● **INSTRUCTIONS TO FOLLOW**: Wherever a line holds the word "Brand", copy that line from the data.

════════

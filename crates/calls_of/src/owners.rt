// The macros in whose replacement lists names stand (ISO/IEC 9899:1999, 6.10.3).
ghost use Rattle.std.specs.Prelude.{◌≡◌, ◌∷◌, [], None, map, IfOk, OnOk};
ghost use Rattle.std.specs.List.{flat_map};
ghost use Rattle.std.specs.Option.{option_copied, option_map_or};
ghost use Rattle.analysis.specs.Below.lexer.Tokens.{tokens_of, firsts_of};
ghost use Rattle.line_shape.specs.Items.{items_of};
ghost use Rattle.analysis.specs.Below.source_files.KeptFiles.{kept_at};
ghost use Rattle.cs_base.specs.declared.positions.Pos.{Pos as Position};
ghost use Rattle.calls_of.specs.Bodies.{owned, owned_by, owned_in_item, owned_in_file, owned_from, owner_of};
ghost use Rattle.calls_of.specs.Owners.{owner_at, owner_with, Grew};

use crate::bodies::{between, is_define, list_behind};
use analysis::{Analysis, KeptFile};
use cs_base::{Memory, Pos, Tok};
use indexmap::IndexMap;
use line_shape::Item;
use std::alloc::Global;

/// For a position the name of the macro in whose replacement list a token begins there. The names are lent by the
/// files of an analysis.
#[derive(Drop)]
pub(crate) struct Owners<'a> {
    names: IndexMap<(u32, u32), &'a Tok>,
}

impl<'a> Owners<'a> {
    fn new(alloc: Global) -> Owners<'a>
        ensures { (p : Position) → owner_at result.names p ≡ None }
    {
        Owners {
            names: IndexMap::new(alloc),
        }
    }

    /// The name of the macro in whose replacement list a token begins there.
    pub(crate) fn at(&self, pos: Pos) -> Option<&'a Tok>
        ensures { option_copied result ≡ owner_at self.now.names pos }
    {
        self.names.get(&(pos.file, pos.at)).copied()
    }

    // A token that begins at a position comes into the table.
    fn keep_at(&mut self, name: &'a Tok, pos: Pos) -> Result<(), Memory>
        ensures { OnOk result ((p : Position) → owner_at self.new.names p ≡ owner_with name.now pos (owner_at self.old.names) p) }
    {
        if self.at(pos).is_none() {
            self.names.insert((pos.file, pos.at), name)?;
        }
        Ok(())
    }

    // A token of the replacement list of the macro with this name comes into the table.
    fn keep(&mut self, name: &'a Tok, tok: &Tok) -> Result<(), Memory>
        ensures { OnOk result (Grew (owned name.now tok.now ∷ []) (owner_at self.old.names) (owner_at self.new.names)) }
    {
        match tok.origins(0) {
            Some(pos) => self.keep_at(name, pos),
            None => Ok(()),
        }
    }

    // Those of a replacement list come into it.
    fn keep_all(&mut self, name: &'a Tok, toks: &[Tok]) -> Result<(), Memory>
        ensures { OnOk result (Grew (map (owned name.now) toks.now) (owner_at self.old.names) (owner_at self.new.names)) }
    {
        for tok in toks {
            self.keep(name, tok)?;
        }
        Ok(())
    }

    // Those of a `define` line.
    fn keep_line(&mut self, line: &'a [Tok]) -> Result<(), Memory>
        ensures { OnOk result (Grew (owned_by line.now) (owner_at self.old.names) (owner_at self.new.names)) }
    {
        match line.get(2) {
            Some(name) => self.keep_all(name, list_behind(&line[3..])),
            None => Ok(()),
        }
    }

    // Those of an item of a file with these tokens.
    fn keep_item(&mut self, toks: &'a [Tok], item: &Item) -> Result<(), Memory>
        ensures { OnOk result (Grew (owned_in_item toks.now item.now) (owner_at self.old.names) (owner_at self.new.names)) }
    {
        if is_define(item.kind) {
            self.keep_line(between(toks, item.from as usize, item.to as usize))
        } else {
            Ok(())
        }
    }

    // Those of each of these items.
    fn keep_items(&mut self, toks: &'a [Tok], items: &[Item]) -> Result<(), Memory>
        ensures { OnOk result (Grew (flat_map (owned_in_item toks.now) items.now) (owner_at self.old.names) (owner_at self.new.names)) }
    {
        for item in items {
            self.keep_item(toks, item)?;
        }
        Ok(())
    }

    // Those of a file.
    fn keep_file(&mut self, file: &'a KeptFile) -> Result<(), Memory>
        ensures { OnOk result (Grew (owned_in_file file.now) (owner_at self.old.names) (owner_at self.new.names)) }
    {
        self.keep_items(file.text().toks(), items_in(file))
    }

    // Those of the kept file with this number, if there is one.
    fn keep_numbered(&mut self, a: &'a Analysis, number: u32) -> Result<(), Memory>
        ensures { OnOk result (Grew (option_map_or owned_in_file (kept_at a.now.value.table number) []) (owner_at self.old.names) (owner_at self.new.names)) }
    {
        match a.file(number) {
            Some(file) => self.keep_file(file),
            None => Ok(()),
        }
    }

    // Those of all files.
    fn keep_files(&mut self, a: &'a Analysis) -> Result<(), Memory>
        ensures { OnOk result (Grew (owned_from 0 a.now.value.table) (owner_at self.old.names) (owner_at self.new.names)) }
    {
        for number in 0..a.files() {
            self.keep_numbered(a, number)?;
        }
        Ok(())
    }

    /// The table of an analysis.
    pub(crate) fn of(alloc: Global, a: &'a Analysis) -> Result<Owners<'a>, Memory>
        ensures { IfOk result (λ o. (p : Position) → owner_at o.names p ≡ owner_of a.now.value p) }
    {
        let mut owners = Owners::new(alloc);
        owners.keep_files(a)?;
        Ok(owners)
    }
}

// The items of a file.
fn items_in(file: &KeptFile) -> &[Item]
    ensures { result.now ≡ items_of (tokens_of file.now.number file.now.bytes) (firsts_of file.now.bytes) }
{
    let _text = file.text();
    file.items()
}
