// Joins of several kinds on one table: together they take few ticks, as public clauses say.
ghost use Rattle.std.specs.Prelude.{◌≡◌, ◌+◌, ◌-◌, ◌*◌, ◌≤◌, ◌<◌, ℕ, IfOk, codes};
ghost use Rattle.class_labels.specs.Weight.{digits};
ghost use Rattle.eclass_map.specs.ClassTable.{parts_in};
ghost use Rattle.eclass_map.specs.History.{History};

use cs_base::{Kind, Memory, Part, Pos, Steps, Tok};
use eclass_map::{Classes, joins_relabel_little};
use std::alloc::Global;
use std::marker::Brand;
use std::sync::ledger::{Blank, Ledger};

// Two tokens of equal spelling, which are to be joined.
#[derive(Drop)]
struct Pair {
    x: Tok,
    y: Tok,
    ghost alike: { x.text ≡ y.text },
}

// The pair is joined, if the origins of both are whole added tokens.
fn join<L: Ledger>(classes: &mut Classes, pair: &Pair, steps: &mut Steps<L>) -> bool
    ensures more { steps.old ≤ steps.new }
    ensures history { (r n : ℕ) → History classes.old r n → (s : ℕ) × History classes.new s (n + (steps.new - steps.old)) }
{
    classes.join_whole(&pair.x, &pair.y, steps)
}

// The class with this number gets another length, where there is one and there is room.
fn lengthen(classes: &mut Classes, class: u32, len: u32) -> Result<bool, Memory>
    requires some { 0 < len }
    ensures history { IfOk result (λ done. (r n : ℕ) → History classes.old r n → History classes.new r n) }
{
    if classes.first_member(class).is_some() {
        if classes.can_resize(class, len) {
            classes.resize(class, len)?;
            return Ok(true);
        }
    }
    Ok(false)
}

// All four were done.
fn are_all(first: bool, second: bool, third: bool, fourth: bool) -> bool {
    first && second && third && fourth
}

// A pair of whole tokens is joined, then one of which a token was pasted out of two, so that parts are cut, then a class gets
// another length, and a third pair is joined. Behind whatever was done to the table before, all joins, these among them, took no more
// ticks than N times the binary digits of N, where the table has N parts.
fn join_in_turn<L: Ledger>(
    classes: &mut Classes,
    whole: &Pair,
    cut: &Pair,
    behind: &Pair,
    class: u32,
    len: u32,
    steps: &mut Steps<L>,
) -> Result<bool, Memory>
    requires some { 0 < len }
    ensures few { IfOk result (λ all. (r n : ℕ) → History classes.old r n
        → n + (steps.new - steps.old) ≤ parts_in classes.new * digits (parts_in classes.new)) }
{
    joins_relabel_little();
    let first = join(classes, whole, steps);
    let second = join(classes, cut, steps);
    let done = lengthen(classes, class, len)?;
    let third = join(classes, behind, steps);
    Ok(are_all(first, second, done, third))
}

fn position(at: u32) -> Pos {
    Pos { file: 1, at }
}

// A part of one character.
fn letter_part(at: u32) -> Part {
    Part {
        start: position(at),
        len: 1,
    }
}

// Tokens `a`, `a`, `ab`, `a`, `b` and `a` at 0, 2, 4, 8, 11 and 13 of file 1.
fn six_tokens(alloc: Global) -> Result<Classes, Memory> {
    let mut classes = Classes::new(alloc);
    classes.add_token(1, 0, 1)?;
    classes.add_token(1, 2, 1)?;
    classes.add_token(1, 4, 2)?;
    classes.add_token(1, 8, 1)?;
    classes.add_token(1, 11, 1)?;
    classes.add_token(1, 13, 1)?;
    Ok(classes)
}

// A token of one character.
fn letter(alloc: Global, at: u32) -> Result<Tok, Memory>
    ensures { IfOk result (λ token. token.text ≡ codes "a") }
{
    Tok::new(
        alloc,
        Kind::Ident,
        b"a",
        &[Some(position(at))],
        false,
        position(at),
        1,
        true,
    )
}

// A token of two characters.
fn two_letters(alloc: Global, first: u32, second: u32) -> Result<Tok, Memory>
    ensures { IfOk result (λ token. token.text ≡ codes "ab") }
{
    Tok::new(
        alloc,
        Kind::Ident,
        b"ab",
        &[Some(position(first)), Some(position(second))],
        false,
        position(first),
        1,
        true,
    )
}

// Two tokens of one character.
fn letters(alloc: Global, first: u32, second: u32) -> Result<Pair, Memory> {
    let x = letter(alloc, first)?;
    let y = letter(alloc, second)?;
    Ok(Pair { x, y })
}

// A token that is declared, and what two others were pasted to.
fn pasted(alloc: Global) -> Result<Pair, Memory> {
    let x = two_letters(alloc, 4, 5)?;
    let y = two_letters(alloc, 8, 11)?;
    Ok(Pair { x, y })
}

// What the joins of all kinds answer on the six tokens.
fn joined<L: Ledger>(alloc: Global, blank: Blank) -> Result<bool, Memory>
    requires name { blank.name ≡ L.name }
    requires parts { blank.parts ≡ L.parts }
    requires some { 0 < blank.parts }
{
    let mut classes = six_tokens(alloc)?;
    let whole = letters(alloc, 8, 13)?;
    let cut = pasted(alloc)?;
    let behind = letters(alloc, 0, 2)?;
    let mut steps = Steps::<L>::new(blank);
    let Some(class) = classes.class_of(letter_part(8)) else {
        return Ok(false);
    };
    join_in_turn(&mut classes, &whole, &cut, &behind, class, 3, &mut steps)
}

#[test]
fn joins_of_several_kinds_can_be_done(rt: HostRuntime) -> Result<(), Memory> {
    assert!(rt; joined::<Brand>(rt.alloc(), Blank::new(1))?);
    Ok(())
}
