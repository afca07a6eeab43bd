// Calls by tokens that name who calls and who is called.
ghost use Rattle.std.specs.Prelude.{◌≡◌, ◌++◌, OnOk};
ghost use Rattle.std.specs.Option.{option_to_list};
ghost use Rattle.calls_of.specs.Calls.{call, call_for};

use crate::named::Named;
use cs_base::Memory;
use std::marker::Model;

/// A call. Contracts see its two nodes.
#[derive(Drop)]
pub(crate) struct NamedCall<'a> {
    caller: Named<'a>,
    callee: Named<'a>,
}

impl<'a> Model for NamedCall<'a> {
    ghost use Rattle.calls_of.specs.Calls.{Call, call};

    ghost Value = { Call };

    ghost view = { λ c. call c.caller c.callee };
}

impl<'a> NamedCall<'a> {
    pub(crate) fn caller(&self) -> &Named<'a>
        ensures { result.now ≡ self.now.caller }
    {
        &self.caller
    }

    pub(crate) fn callee(&self) -> &Named<'a>
        ensures { result.now ≡ self.now.callee }
    {
        &self.callee
    }
}

/// A call where there are both nodes.
pub(crate) fn call_for<'a>(
    caller: Option<Named<'a>>,
    callee: Option<Named<'a>>,
) -> Option<NamedCall<'a>>
    ensures { option_to_list result ≡ call_for caller.entry callee.entry }
{
    match (caller, callee) {
        (Some(caller), Some(callee)) => Some(NamedCall { caller, callee }),
        _ => None,
    }
}

/// Adds a call, if there is one.
pub(crate) fn push_call<'a>(
    calls: &mut Vec<NamedCall<'a>>,
    call: Option<NamedCall<'a>>,
) -> Result<(), Memory>
    ensures { OnOk result (calls.new.items ≡ calls.old.items ++ option_to_list call.entry) }
{
    if let Some(call) = call {
        calls.push(call)?;
    }
    Ok(())
}
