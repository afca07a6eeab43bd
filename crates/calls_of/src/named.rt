// Macros and functions by tokens that name them.
ghost use Rattle.std.specs.Prelude.{◌≡◌, ◌++◌, IfOk, OnOk, IsTrue};
ghost use Rattle.std.specs.Option.{option_to_list};
ghost use Rattle.calls_of.specs.Calls.{node, node_of};
ghost use Rattle.analysis.specs.Below.unit_steps.declared.events.EventKind.TheVariants.{Defined};
ghost use Rattle.calls_of.specs.Graphs.{defined_node, event_node};

use crate::nodes::{Node, NodeKind};
use analysis::{Event, EventKind};
use cs_base::{Memory, Pos, Text, Tok};
use std::alloc::Global;
use std::marker::Model;

/// A macro or a function at its place. Its name is lent by the analysis. Contracts see the node.
#[derive(Drop)]
pub(crate) struct Named<'a> {
    kind: NodeKind,
    at: Pos,
    name: &'a [u8],
}

impl<'a> Model for Named<'a> {
    ghost use Rattle.calls_of.specs.declared.nodes.Node.{Node};
    ghost use Rattle.calls_of.specs.Calls.{node};

    ghost Value = { Node };

    ghost view = { λ n. node n.kind n.name.now n.at };
}

impl<'a> Named<'a> {
    /// The node of this name that stands at a position.
    pub(crate) fn new(kind: NodeKind, name: &'a [u8], at: Pos) -> Named<'a>
        ensures { result ≡ node kind name.now at }
    {
        Named { kind, at, name }
    }

    /// The same once more.
    pub(crate) fn again(&self) -> Named<'a>
        ensures { result ≡ self.now }
    {
        Named {
            kind: self.kind,
            at: self.at,
            name: self.name,
        }
    }

    pub(crate) fn kind(&self) -> NodeKind
        ensures { result ≡ self.now.kind }
    {
        self.kind
    }

    pub(crate) fn at(&self) -> Pos
        ensures { result ≡ self.now.at }
    {
        self.at
    }

    pub(crate) fn name(&self) -> &'a [u8]
        ensures { result.now ≡ self.now.name }
    {
        self.name
    }

    /// Whether the other is this one.
    pub(crate) fn equals(&self, other: &Named<'_>) -> bool
        ensures { IsTrue result → self.now ≡ other.now }
    {
        self.kind == other.kind && self.at == other.at && self.name == other.name
    }

    /// The node with a name of its own.
    pub(crate) fn kept(&self, alloc: Global) -> Result<Node, Memory>
        ensures { IfOk result (λ n. n ≡ self.now) }
    {
        Ok(Node {
            kind: self.kind,
            at: self.at,
            name: Text::new(alloc, self.name)?,
        })
    }
}

/// The node that a token names.
pub(crate) fn node_named<'a>(kind: NodeKind, tok: &'a Tok) -> Option<Named<'a>>
    ensures { result ≡ node_of kind tok.now }
{
    match tok.origins(0) {
        Some(at) => Some(Named::new(kind, tok.text(), at)),
        None => None,
    }
}

// The macro that the event of a `define` line defines.
fn defined_node<'a>(event: &'a Event) -> Option<Named<'a>>
    ensures { option_to_list result ≡ defined_node Defined event.now.name }
{
    match &event.name {
        Some(name) => node_named(NodeKind::Macro, name),
        None => None,
    }
}

/// The macro that an event defines, if it is that of a `define` line.
pub(crate) fn event_node<'a>(event: &'a Event) -> Option<Named<'a>>
    ensures { option_to_list result ≡ event_node event.now }
{
    match event.kind {
        EventKind::Defined => defined_node(event),
        _ => None,
    }
}

/// Adds a node, if there is one.
pub(crate) fn push_node<'a>(
    nodes: &mut Vec<Named<'a>>,
    node: Option<Named<'a>>,
) -> Result<(), Memory>
    ensures { OnOk result (nodes.new.items ≡ nodes.old.items ++ option_to_list node.entry) }
{
    if let Some(node) = node {
        nodes.push(node)?;
    }
    Ok(())
}
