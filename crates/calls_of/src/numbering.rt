// Calls by the numbers of their nodes.
ghost use Rattle.std.specs.Prelude.{◌≡◌, ◌<◌, ◌^◌, length, IfOk, IfSome, OnOk, slice_get};
ghost use Rattle.calls_of.specs.Numbers.{AddsEdge, AreCalls};

use crate::call::NamedCall;
use crate::named::Named;
use crate::nodes::{Edge, Node};
use crate::ordering::compare;
use analysis::Analysis;
use cs_base::Memory;
use std::alloc::Global;
use std::cmp::Ordering;

// A node comes before another.
fn comes_before(a: &Analysis, m: &Named<'_>, n: &Named<'_>) -> bool {
    match compare(a, m, n) {
        Ordering::Less => true,
        _ => false,
    }
}

// The number of a node among these, which are in order. Where they are not, it may be missed.
fn number_of(a: &Analysis, nodes: &[Named<'_>], n: &Named<'_>) -> Option<usize>
    ensures { IfSome result (λ k. slice_get nodes.now k ≡ Some n.now) }
{
    let k = nodes.partition_point(|m| comes_before(a, m, n));
    let found = nodes.get(k)?;
    if found.equals(n) { Some(k) } else { None }
}

// The edge of a call, if both its nodes are found.
fn edge_of(a: &Analysis, nodes: &[Named<'_>], call: &NamedCall<'_>) -> Option<Edge>
    requires { length nodes.now < 2 ^ 32 }
    ensures caller { IfSome result (λ e. slice_get nodes.now e.caller ≡ Some call.now.caller) }
    ensures callee { IfSome result (λ e. slice_get nodes.now e.callee ≡ Some call.now.callee) }
{
    let caller = number_of(a, nodes, call.caller())?;
    let callee = number_of(a, nodes, call.callee())?;
    Some(Edge {
        caller: caller as u32,
        callee: callee as u32,
    })
}

// Adds the edge of a call.
fn add_edge(
    edges: &mut Vec<Edge>,
    a: &Analysis,
    nodes: &[Named<'_>],
    call: &NamedCall<'_>,
) -> Result<(), Memory>
    requires { length nodes.now < 2 ^ 32 }
    ensures { OnOk result (AddsEdge nodes.now call.now edges.old.items edges.new.items) }
{
    let Some(edge) = edge_of(a, nodes, call) else {
        return Err(Memory);
    };
    edges.push(edge)?;
    Ok(())
}

/// The edge of each call. The nodes are in order, and the ends of each call are among them.
pub(crate) fn edges_of(
    alloc: Global,
    a: &Analysis,
    nodes: &[Named<'_>],
    calls: &[NamedCall<'_>],
) -> Result<Vec<Edge>, Memory>
    requires { length nodes.now < 2 ^ 32 }
    ensures { IfOk result (λ edges. AreCalls nodes.now calls.now edges.items) }
{
    let mut edges = Vec::new(alloc);
    for call in calls {
        add_edge(&mut edges, a, nodes, call)?;
    }
    Ok(edges)
}

/// The nodes with names of their own.
pub(crate) fn kept(alloc: Global, nodes: &[Named<'_>]) -> Result<Vec<Node>, Memory>
    ensures { IfOk result (λ kept. kept.items ≡ nodes.now) }
{
    let mut all = Vec::new(alloc);
    for node in nodes {
        all.push(node.kept(alloc)?)?;
    }
    Ok(all)
}
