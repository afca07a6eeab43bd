// A unit of an analysis, and the bodies of its functions (ISO/IEC 9899:1999, 6.9.1).
ghost use Rattle.std.specs.Prelude.{◌≡◌, IfOk};
ghost use Rattle.calls_of.specs.OpenBodies.{AreOpenIn};

use crate::open_bodies::open_bodies;
use analysis::Bound;
use cs_base::{Memory, Tok};
use std::alloc::Global;

/// A unit: its project, its tokens and its binding, and for each number of tokens the function whose body is open
/// behind them.
#[derive(Drop)]
pub(crate) struct OneUnit<'a> {
    pub(crate) project: &'a [u8],
    pub(crate) toks: &'a [Tok],
    pub(crate) bound: &'a Bound,
    pub(crate) bodies: Vec<Option<u32>>,
    ghost told: { AreOpenIn bodies.items bound.now.functions },
}

impl<'a> OneUnit<'a> {
    pub(crate) fn new(
        alloc: Global,
        project: &'a [u8],
        toks: &'a [Tok],
        bound: &'a Bound,
    ) -> Result<OneUnit<'a>, Memory>
        ensures project { IfOk result (λ u. u.project.now ≡ project.now) }
        ensures toks { IfOk result (λ u. u.toks.now ≡ toks.now) }
        ensures bound { IfOk result (λ u. u.bound.now ≡ bound.now) }
    {
        let bodies = open_bodies(alloc, bound.functions())?;
        Ok(OneUnit {
            project,
            toks,
            bound,
            bodies,
        })
    }
}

════════

● **RESULT FOR THIS EXERCISE**:
use std::marker::Brand;
    assert!(rt; joined::<Brand>(rt.alloc(), Blank::new(1))?);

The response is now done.